4. La charge virale communautaire
Ce nouveau concept fait sont entrée, en lien avec le « test and treat » (« dépister et traiter ») et avec un chiffre qui fait rêver de ce coté de l’Atlantique : à San Francisco, en quelques années, le nombre de nouvelles contaminations chez les gays a drastiquement chuté : de 820 en 2004 à 500 en 2009. Soit 36% ! Une baisse spectaculaire qui suit celle de la « charge virale communautaire », 25 000 copies/ml en 2004 et… 10 000/ml copies en 2009 ! Mais c’est quoi ? pour faire simple, la quantité de virus qui circule dans une communauté donnée. Elle dépend de trois critères :
1) le nombre de personnes qui connaissent leur statut ;
2) le nombre de personnes sous traitement ;
3) l’efficacité de ce traitement et la qualité du suivi.

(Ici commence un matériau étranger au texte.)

// The three traits.
ghost use Rattle.std.specs.Prelude.{◌≡◌, ◌<◌, ◌^◌, ◌≤◌, ◌↔◌, ℕ, List, [], Bool, Option, length, take, drop, IsTrue, IfOk, IfSome, OnErr, MatchResult};
ghost use Rattle.std.specs.Io.{ReadsAtMost, WritesAtMost};
ghost use Rattle.flow_ports.specs.Flow.{CountsFaults, Takes, Gives, IsAtEnd};

use thiserror::Error;

/// The last value of a count of calls or faults, at which it stays.
pub const LAST_COUNT: u64 = u64::MAX;

/// The one fault of a stream or a file.
#[derive(Clone, Copy, Debug, PartialEq, Eq, Error)]
#[error("the device failed")]
pub struct Failed;

/// A stream of bytes to read. Whether it tells its bytes never changes.
pub trait Source {
    /// The bytes still to come, where told.
    ghost left: { Self → Option (List ℕ) };

    /// How often a call has failed.
    ghost faults: { Self → ℕ };

    /// Reads the next bytes into the front of the buffer, and leaves the rest of it.
    fn read(&mut self, buf: &mut [u8]) -> Result<usize, Failed>
        ensures bound { ReadsAtMost result buf.new }
        ensures bytes { MatchResult result
            (λ n. Takes (left self.old) (left self.new) (take n buf.new))
            (λ _. left self.new ≡ left self.old) }
        ensures rest { IfOk result (λ n. drop n buf.new ≡ drop n buf.old) }
        ensures end { IfOk result (λ n. n ≡ 0 → 0 < length buf.new → IsAtEnd (left self.new)) }
        ensures none { IfOk result (λ n.
            IfSome (left self.old) (λ bytes. 0 < length buf.new → ((n ≡ 0) ↔ (bytes ≡ [])))) }
        ensures count { CountsFaults (faults self.old) (faults self.new) result }
        ensures range { OnErr result (faults self.new < 2 ^ 64) };
}

/// A stream to which bytes are written. Whether it tells its bytes never changes.
pub trait Sink {
    /// The bytes taken so far, where told.
    ghost got: { Self → Option (List ℕ) };

    /// How often a call has failed.
    ghost faults: { Self → ℕ };

    /// Takes a first part of the bytes.
    fn write(&mut self, bytes: &[u8]) -> Result<usize, Failed>
        ensures bound { WritesAtMost result bytes.now }
        ensures some { IfOk result (λ n. 0 < length bytes.now → 0 < n) }
        ensures bytes { MatchResult result
            (λ n. Gives (got self.old) (got self.new) (take n bytes.now))
            (λ _. got self.new ≡ got self.old) }
        ensures count { CountsFaults (faults self.old) (faults self.new) result }
        ensures range { OnErr result (faults self.new < 2 ^ 64) };
}

/// Files by their names, whose contents never change.
pub trait Shelf {
    /// Whether a name may be asked for.
    ghost serves: { Self → List ℕ → Bool };

    /// The bytes kept under a name, where told.
    ghost holds: { Self → List ℕ → Option (List ℕ) };

    /// How often a call has failed.
    ghost faults: { Self → ℕ };

    /// Reads the bytes of a name from a place on into the front of the buffer.
    fn read_at(&mut self, name: &str, at: u64, buf: &mut [u8]) -> Result<usize, Failed>
        requires { IsTrue (serves self.old name.now) }
        ensures bound { ReadsAtMost result buf.new }
        ensures bytes { IfOk result (λ n.
            IfSome (holds self.old name.now) (λ bytes. take n buf.new ≡ take n (drop at bytes))) }
        ensures end { IfOk result (λ n.
            IfSome (holds self.old name.now) (λ bytes.
            0 < length buf.new → ((n ≡ 0) ↔ (length bytes ≤ at)))) }
        ensures serves { serves self.new ≡ serves self.old }
        ensures holds { holds self.new ≡ holds self.old }
        ensures count { CountsFaults (faults self.old) (faults self.new) result }
        ensures range { OnErr result (faults self.new < 2 ^ 64) };
}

A la base de ce succès « san-franciscain » ? Une politique volontariste de proposition de dépistage et de proposition de mise sous traitement précoce, le tout intégré dans une offre globale de prévention avec promotion du préservatif, du traitement et des autres techniques de réductions de risques. Sans oublier… une forte mobilisation des communautés. La charge virale communautaire, à AIDES, on en parle dans une brochure, PREVS, à télécharger ici.

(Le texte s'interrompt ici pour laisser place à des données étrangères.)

impl Tree {
    // The words of slot n replaced, its records left as they are.
    fn put_words(self, heads: &mut [u64], bytes: &mut [u8], lent: Lent, n: usize, d: Head)
        requires ready { Ready lent.size lent.slots self.used heads.old bytes.old }
        requires place { (n < self.used) × (Lies lent.size (live d) (slot_bytes lent.size bytes.old n)) }
        ensures put { Put lent.size lent.slots heads.old bytes.old heads.new bytes.new n
            (node_of d (slot_bytes lent.size bytes.old n)) }
        ensures follows { Follows lent.size lent.slots self.used heads.old bytes.old heads.new bytes.new }
    {
        undo::save(heads, bytes, lent, self.used, n);
        d.store(heads, n);
    }

    // Slot n is dead, and has no entries.
    #[tactic(auto, using(crate::specs::laws::remove::Words::dying_lies, crate::specs::laws::remove::Words::died))]
    fn mark_dead(self, heads: &mut [u64], bytes: &mut [u8], lent: Lent, n: usize)
        requires { (Ready lent.size lent.slots self.used heads.old bytes.old) × (n < self.used) }
        ensures { Rewritten lent.size lent.slots self heads.old bytes.old heads.new bytes.new
            (dead_put (state_of lent.size self heads.old bytes.old) n) }
    {
        let h = Head::load(heads, n);
        let d = Head {
            count: 0,
            used: 0,
            dead: 1,
            ..h
        };
        self.put_words(heads, bytes, lent, n, d);
    }

    // On a way, bottom up: emptied nodes are dropped, never the root. The answer is how many.
    #[tactic(auto, using(crate::specs::laws::remove::Drops::drop_emptied_laws, crate::specs::laws::cut::Pairs::drop_emptied_laws))]
    fn drop_emptied(self, heads: &mut [u64], bytes: &mut [u8], lent: Lent, way: &[Position]) -> u64
        requires ready { (Ready lent.size lent.slots self.used heads.old bytes.old) × (WayIn self.used way.now) }
        requires room { DropRoom (state_of lent.size self heads.old bytes.old) way.now }
        ensures { Emptied lent.size lent.slots self heads.old bytes.old heads.new bytes.new
            (drop_emptied (steps_in way.now) (state_of lent.size self heads.old bytes.old)) result }
    {
        let mut dropped: u64 = 0;
        for [above, below] in way.array_windows::<2>().rev() {
            let empty = self.drop_if_empty(heads, bytes, lent, above.slot, above.index, below.slot);
            dropped += u64::from(empty);
        }
        dropped
    }

    // Slot c, if it is empty, is dead, and slot n loses child i. The answer is whether it was.
    #[tactic(auto, using(crate::specs::laws::remove::Drops::none_dropped, crate::specs::laws::remove::Drops::one_dropped))]
    fn drop_if_empty(
        self,
        heads: &mut [u64],
        bytes: &mut [u8],
        lent: Lent,
        n: usize,
        i: u64,
        c: usize,
    ) -> bool
        requires ready { Ready lent.size lent.slots self.used heads.old bytes.old }
        requires place { (n < self.used) × (c < self.used) × (DropFits (state_of lent.size self heads.old bytes.old) n i c) }
        ensures { Emptied lent.size lent.slots self heads.old bytes.old heads.new bytes.new
            (drop_node (record { slot = n; child = i }) c
            (record { state = state_of lent.size self heads.old bytes.old; nodes = 0 })) (from_bool result) }
    {
        let count = view!(self, heads, bytes, lent).count_at(c);
        if count != 0 {
            return false;
        }
        self.drop_node(heads, bytes, lent, n, i, c);
        true
    }

    // Slot c is dead, and slot n loses child i.
    #[tactic(auto, using(crate::specs::laws::remove::Drops::drop_upto, crate::specs::laws::remove::Drops::drop_done))]
    fn drop_node(self, heads: &mut [u64], bytes: &mut [u8], lent: Lent, n: usize, i: u64, c: usize)
        requires ready { Ready lent.size lent.slots self.used heads.old bytes.old }
        requires place { (n < self.used) × (c < self.used) × (DropFits (state_of lent.size self heads.old bytes.old) n i c) }
        ensures { Rewritten lent.size lent.slots self heads.old bytes.old heads.new bytes.new
            (child_dropped (state_of lent.size self heads.old bytes.old) n i c) }
    {
        self.mark_dead(heads, bytes, lent, c);
        let spot = view!(self, heads, bytes, lent).spot_of(n, i);
        writers::remove_at(heads, bytes, lent, self.used, spot, DirtyMark::Set);
    }

    // An emptied root is a leaf.
    #[tactic(auto, using(crate::specs::laws::remove::Words::level_kept, crate::specs::laws::remove::Words::level_done))]
    fn level_root(self, heads: &mut [u64], bytes: &mut [u8], lent: Lent)
        requires { (Ready lent.size lent.slots self.used heads.old bytes.old) × (self.root < self.used) }
        ensures { Rewritten lent.size lent.slots self heads.old bytes.old heads.new bytes.new
            (leveled_root (state_of lent.size self heads.old bytes.old)) }
    {
        let count = view!(self, heads, bytes, lent).count_at(self.root);
        if count != 0 {
            return;
        }
        let h = Head::load(heads, self.root);
        let d = Head { level: 0, ..h };
        self.put_words(heads, bytes, lent, self.root, d);
    }

    // Slot c takes the root's place: ids exchanged, blocks not; it is dirty, the old root dead.
    #[tactic(auto, using(crate::specs::laws::remove::Words::handed_down_laws))]
    fn handed_down(mut self, heads: &mut [u64], bytes: &mut [u8], lent: Lent, c: usize) -> Tree
        requires ready { Ready lent.size lent.slots self.used heads.old bytes.old }
        requires place { (self.root < self.used) × (c < self.used) × (c ≡ self.root → ⊥) × (0 < self.info.node_count) }
        ensures { Handed lent.size lent.slots self heads.old bytes.old heads.new bytes.new c result }
    {
        let r = self.root;
        let old = Head::load(heads, r);
        let new = Head::load(heads, c);
        let dead = Head {
            count: 0,
            used: 0,
            named: new.named,
            id: new.id,
            dead: 1,
            ..old
        };
        self.put_words(heads, bytes, lent, r, dead);
        let top = Head {
            named: old.named,
            id: old.id,
            dirty: 1,
            ..new
        };
        self.put_words(heads, bytes, lent, c, top);
        self.info.node_count -= 1;
        self.root = c;
        self
    }

    // While an index root has one child: its load, and the root's place goes down to it, at most n times.
    #[tactic(auto, using(crate::specs::laws::remove::HandDown::hand_down_laws))]
    fn hand_down(
        self,
        image: &[u8],
        heads: &mut [u64],
        bytes: &mut [u8],
        lent: Lent,
        n: u64,
    ) -> Result<Tree, Refusal>
        requires ready { Ready lent.size lent.slots self.used heads.old bytes.old }
        requires trust { trusted (lent_of image.now lent) (state_of lent.size self heads.old bytes.old) ≡ true }
        ensures answer { edited_of lent.size heads.new bytes.new result
            ≡ hand_down n (lent_of image.now lent) (state_of lent.size self heads.old bytes.old) }
        ensures left { EditedFrom lent.size lent.slots self.used heads.old bytes.old heads.new bytes.new result }
    {
        let mut t = self;
        for _i in 0..n {
            if !view!(t, heads, bytes, lent).has_only_child() {
                return Ok(t);
            }
            let (u, c) = t.load_child(image, heads, bytes, lent, UNBOUNDED, t.root, 0)?;
            if !view!(u, heads, bytes, lent).fits(c, true) {
                return Ok(u);
            }
            check(Refusal::Count, 0 < u.info.node_count)?;
            t = u.handed_down(heads, bytes, lent, c);
        }
        Ok(t)
    }

    // The leaf edited, emptied nodes dropped: 17.
    #[tactic(auto, using(crate::specs::laws::base::Refused::handed_on, crate::specs::laws::remove::Shrink::shrink_laws))]
    fn shrink(
        mut self,
        heads: &mut [u64],
        bytes: &mut [u8],
        lent: Lent,
        way: &[Position],
        spot: Spot,
    ) -> Result<Tree, Refusal>
        requires ready { (Ready lent.size lent.slots self.used heads.old bytes.old) × (WayIn self.used way.now) }
        requires steps { (1 ≤ length way.now) × (self.root < self.used) }
        requires leaf { (spot.slot ≡ (nth_step way.now (length way.now - 1)).slot) × SpotIn lent.size self.used heads.old bytes.old spot }
        requires room { DropRoom (taken_on spot.index (steps_in way.now) (state_of lent.size self heads.old bytes.old))
            way.now }
        ensures answer { edited_of lent.size heads.new bytes.new result
            ≡ shrunk_at spot.index (record {
              state = state_of lent.size self heads.old bytes.old;
              steps = steps_in way.now;
            }) }
        ensures used { SameUsed self.used result }
        ensures left { EditedFrom lent.size lent.slots self.used heads.old bytes.old heads.new bytes.new result }
    {
        self.touch(heads, bytes, lent, way);
        writers::remove_at(heads, bytes, lent, self.used, spot, DirtyMark::Kept);
        let dropped = self.drop_emptied(heads, bytes, lent, way);
        let info = self.info;
        self.info.key_count = info.key_count.checked_sub(1).ok_or(Refusal::Count)?;
        self.info.node_count = info.node_count.checked_sub(dropped).ok_or(Refusal::Count)?;
        self.level_root(heads, bytes, lent);
        Ok(self)
    }

    // The edit on a way that is loaded and has the key: index keys and cuts follow, then the root's place goes down.
    #[tactic(auto, using(crate::specs::laws::base::Refused::handed_on, crate::specs::laws::remove::Steps::remove_on_laws))]
    fn remove_on(
        self,
        image: &[u8],
        heads: &mut [u64],
        bytes: &mut [u8],
        lent: Lent,
        way: &[Position],
        spot: Spot,
        scratch: &mut [u8],
    ) -> Result<Tree, Refusal>
        requires ready { Ready lent.size lent.slots self.used heads.old bytes.old }
        requires way { OnWay (lent_of image.now lent) (state_of lent.size self heads.old bytes.old)
            (steps_in way.now) spot.index }
        requires leaf { (spot.slot ≡ (nth_step way.now (length way.now - 1)).slot) × SpotIn lent.size self.used heads.old bytes.old spot }
        requires room { 2 * lent.size ≤ length scratch.old }
        ensures answer { edited_of lent.size heads.new bytes.new result
            ≡ removed_at (lent_of image.now lent) spot.index (record {
              state = state_of lent.size self heads.old bytes.old;
              steps = steps_in way.now;
            }) }
        ensures left { EditedFrom lent.size lent.slots self.used heads.old bytes.old heads.new bytes.new result }
    {
        let t = self.shrink(heads, bytes, lent, way, spot)?;
        t.index_keys(heads, bytes, lent, way, scratch);
        let u = t.cuts(heads, bytes, lent, way, scratch)?;
        let level = view!(u, heads, bytes, lent).level_at(u.root);
        u.hand_down(image, heads, bytes, lent, level)
    }

    // Load; absent answers no; the edit. Refused, it may leave slots changed.
    #[tactic(auto, using(crate::specs::laws::base::Refused::handed_on, crate::specs::laws::remove::Call::removed_laws))]
    pub fn removed(
        self,
        image: &[u8],
        heads: &mut [u64],
        bytes: &mut [u8],
        lent: Lent,
        key: &[u8],
        scratch: &mut [u8],
    ) -> Result<(Tree, bool), Refusal>
        requires trusts { Trusts image.now lent self heads.old bytes.old }
        requires room { 2 * lent.size ≤ length scratch.old }
        ensures answer { removed_of lent.size heads.new bytes.new result
            ≡ removed (lent_of image.now lent) (state_of lent.size self heads.old bytes.old)
            key.now }
        ensures ready { ReadyAfter lent.size lent.slots heads.new bytes.new result }
        ensures follows { Follows lent.size lent.slots self.used heads.old bytes.old heads.new bytes.new }
    {
        let level = view!(self, heads, bytes, lent).level_at(self.root);
        let w = self.way(image, heads, bytes, lent, level, key)?;
        let t = w.tree;
        let Ok(spot) = view!(t, heads, bytes, lent).found_at(w.leaf(), key) else {
            return Ok((t, false));
        };
        let u = t.remove_on(image, heads, bytes, lent, w.steps.as_slice(), spot, scratch)?;
        Ok((u, true))
    }

    // remove on slots that are trusted, whatever it changes.
    #[tactic(auto, using(crate::specs::laws::remove::Call::call_argument, crate::specs::laws::refusal1::EditCalls::stays_trusts))]
    fn remove_down(
        self,
        image: &[u8],
        heads: &mut [u64],
        bytes: &mut [u8],
        lent: Lent,
        key: &[u8],
        scratch: &mut [u8],
    ) -> Result<(Tree, bool), Refusal>
        requires trusts { Trusts image.now lent self heads.old bytes.old }
        requires room { 2 * lent.size ≤ length scratch.old }
        ensures answer { removed_of lent.size heads.new bytes.new result
            ≡ remove_in (lent_of image.now lent) (state_of lent.size self heads.old bytes.old)
            key.now }
        ensures left { RemovedCalled image.now lent self heads.old bytes.old
            heads.new bytes.new result }
    {
        let order = self.order;
        check(Refusal::Argument, order.keyed(key.len()))?;
        self.undone(
            heads,
            bytes,
            lent,
            &mut |heads, bytes| self.removed(image, heads, bytes, lent, key, scratch),
        )
    }

    // remove on slots that are trusted: 12; the edit. Refused, every slot is as it was.
    #[tactic(auto, using(crate::specs::laws::remove::LeafAloneSteps::remove_in_laws))]
    pub fn remove_in(
        self,
        image: &[u8],
        heads: &mut [u64],
        bytes: &mut [u8],
        lent: Lent,
        key: &[u8],
        scratch: &mut [u8],
    ) -> Result<(Tree, bool), Refusal>
        requires trusts { Trusts image.now lent self heads.old bytes.old }
        requires room { 2 * lent.size ≤ length scratch.old }
        ensures answer { removed_of lent.size heads.new bytes.new result
            ≡ remove_in (lent_of image.now lent) (state_of lent.size self heads.old bytes.old)
            key.now }
        ensures left { RemovedCalled image.now lent self heads.old bytes.old
            heads.new bytes.new result }
    {
        match self.remove_still(heads, bytes, lent, key) {
            Some(t) => Ok((t, true)),
            None => self.remove_down(image, heads, bytes, lent, key, scratch),
        }
    }

    // The entry of a key taken out.
    pub fn remove(
        self,
        image: &[u8],
        heads: &mut [u64],
        bytes: &mut [u8],
        lent: Lent,
        key: &[u8],
        scratch: &mut [u8],
    ) -> Result<(Tree, bool), Refusal>
        ensures answer { removed_of lent.size heads.new bytes.new result
            ≡ edits lent.size lent.slots self heads.old bytes.old scratch.old
            (λ s. remove (lent_of image.now lent) s key.now) }
        ensures left { removed_leaves lent.size lent.slots self heads.old bytes.old
            heads.new bytes.new result }
    {
        let holds = lent::edit_holds(self, image, heads, bytes, lent, scratch);
        check(Refusal::Lent, holds)?;
        // All slots were looked at, so that a short way would save nothing.
        self.remove_down(image, heads, bytes, lent, key, scratch)
    }
}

5. L’épidémie baisse en Suisse, mais stagne (voire grimpe) en France et en Belgique
Ça baisse donc, précisément, dans le pays où l’avis suisse a été le plus diffusé. De quoi calmer, on l’espère, les Cassandre. En Suisse, les derniers chiffres de surveillance de l’épidémie ne montrent en aucune façon l’explosion épidémique que certains annonçaient, encore récemment. Au contraire, le nombre de cas diagnostiqués chez les homosexuels ne fait que baisser : passant de 330 cas en 2008 à 250 cas fin 2011, selon les calculs de l’Office fédéral de la santé publique. En Belgique, c’est « record depuis l’apparition de l’épidémie », si l’on en croit le journal « Le Soir« . « 1196 nouveaux cas de contaminations par le virus VIH ont été diagnostiqués en Belgique en 2010, selon les chiffres de l’Institut de santé publique. Plus de trois contaminations chaque jour […] Le nombre de personnes contaminées par le virus du sida ne cesse d’augmenter depuis une dizaine d’années, alors qu’en 1997, on était arrivé à le faire baisser sous 750 contaminations par an… Le taux de contamination chez les homosexuels masculins a doublé en moins de dix ans, laissant entendre qu’on s’y protège moins bien que dans un passé récent ». Nulle trace de grandes campagnes sur l’intérêt préventif du traitement. Ni en France, d’ailleurs, où l’épidémie stagne autour de 6300 découvertes de séropositivités depuis 2008. Ce qui cache des disparités : ça augmente chez les gays et autres HSH ça baisse chez les hétéros.